Despite Powell’s references to “ongoing” rate rises, this is very much a “risk on” environment, with the market pricing in peak rates mid-year and a soft landing for the US economy.
In the US and elsewhere, it is the tightness of labour markets, particularly in service sectors, that has been a feature of post-pandemic economies that is being monitored most closely. Generally, wage pressures in the US appear to be moderating, but shortages of workers in the service industries means the threat of a wage-price spiral remains.
Similar circumstances apply within the Australian economy, where the unemployment rate of 3.5 per cent is the lowest in almost half a century, the inflation rate of 7.8 per cent is the highest for more than 30 years and the Reserve Bank, having already lifted the cash rate nine times in this cycle, is foreshadowing further rate rises in the months ahead.

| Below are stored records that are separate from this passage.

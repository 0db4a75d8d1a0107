// What the changes from one list of rows to another are.
ghost use Rattle.std.specs.Prelude.{◌≡◌, ◌≤◌, ◌+◌, ◌*◌, ℕ, length};
ghost use Rattle.chip_core.specs.ChangeLists.{AreGroupChanges};
ghost use Rattle.chip_core.specs.Changes.{AreOldRows, changed_rows, writes_of};
ghost use Rattle.chip_core.specs.declared.changes.RowChanges.{RowChanges};
ghost use Rattle.hw_undo.specs.Phases.{AreAscending};
ghost use Rattle.net_types.specs.Closed.{IsClosed};
ghost use Rattle.net_types.specs.Differ.{AscendRows, differ};
ghost use Rattle.net_types.specs.Rows.{Rows};
ghost use Rattle.row_change_laws.specs.Between.{AreRealChanges, AreRowChangesBetween};
ghost use Rattle.switch_model.specs.PlainState.{ArePartsInOrder, PlainState};
ghost use Rattle.switch_model.specs.Rows.{rows};

/// The changes from one list of rows to another are such as a commit asks for: their keys ascend, each
/// old row is the one that is there, and each new row is another one. They make the second list of the
/// first.
pub fn changes_lead_to_the_new_rows()
    ensures ascending { (changes : RowChanges) (a b : Rows) → AreRowChangesBetween changes a b → AreAscending changes }
    ensures old { (changes : RowChanges) (a b : Rows) → AreRowChangesBetween changes a b → AreOldRows changes a }
    ensures real { (changes : RowChanges) (a b : Rows) → AreRowChangesBetween changes a b → AreRealChanges changes }
    ensures makes { (changes : RowChanges) (a b : Rows) → AscendRows a → AscendRows b → AreRowChangesBetween changes a b → changed_rows changes a ≡ b }
{}

/// Exactly one list has the changes from one list of rows to another: any two such are the same.
pub fn one_list_has_the_changes()
    ensures { (changes others : RowChanges) (a b : Rows) → AreRowChangesBetween changes a b → AreRowChangesBetween others a b → changes ≡ others }
{}

/// There are as many changes as rows differ, and they take at most two writes for each.
pub fn changes_are_counted()
    ensures count { (changes : RowChanges) (a b : Rows) → AreRowChangesBetween changes a b → length changes.l2 + length changes.host + length changes.group + length changes.route ≡ differ a b }
    ensures writes { (changes : RowChanges) (a b : Rows) → AreRowChangesBetween changes a b → writes_of changes ≤ 2 * differ a b }
{}

/// Between the rows of two states whose parts are in order, as those of sound states are, the changed
/// rows lead only to rows that are there; and each change of a group is such as a list of changes holds.
pub fn changes_of_states_are_closed()
    ensures closed { (changes : RowChanges) (m n : PlainState) → ArePartsInOrder m → ArePartsInOrder n → AreRowChangesBetween changes (rows m) (rows n) → IsClosed (changed_rows changes (rows m)) }
    ensures groups { (changes : RowChanges) (m n : PlainState) → AreRowChangesBetween changes (rows m) (rows n) → AreGroupChanges changes.group }
{}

Like Powell, RBA governor Philip Lowe will be hoping that the “lag” effects of the recent rate rises, which take time to show up in slowing economic activity, are going to emerge soon. And, like Powell, he will also be hoping that the tightness of the Australian labour market doesn’t lead to a widespread wages breakout, and that the global factors that helped ignite global inflation rates wane.
Supply chains, while reshaped by the pandemic and the war in Ukraine, have been steadily functioning better. China’s re-opening of its economy should also help on that front, as well as boosting the global supply of relatively cheap manufactured goods.
Oil prices have subsided and, with the major central banks all tightening their monetary policies and the big surge in governments’ pandemic-related spending essentially behind them, economic and financial conditions have tightened (though the financial markets are doing their best to counter that by lowering the cost of capital – debt as well as equity – for businesses and re-creating wealth for households).
The war in Ukraine and the geopolitical tensions between the US and its allies and China are wild cards but, absent the unexpected, there is an expectation that this year will see the peaking of central bank interest rates and that they, along with inflation, will be trending down, if not this year, then next.
When and where that peak is reached, and how long it takes to get inflation rates back to the 2 to 3 per cent range the central banks are targeting is, obviously, the critical question for financial markets, businesses and households, but one with a lot of uncertainties.
Ar this point, it would appear the markets have a greater conviction about the trajectory of rates and their turning points than the central bankers who decide them. Everyone, including the central bankers, will be hoping the markets have it right.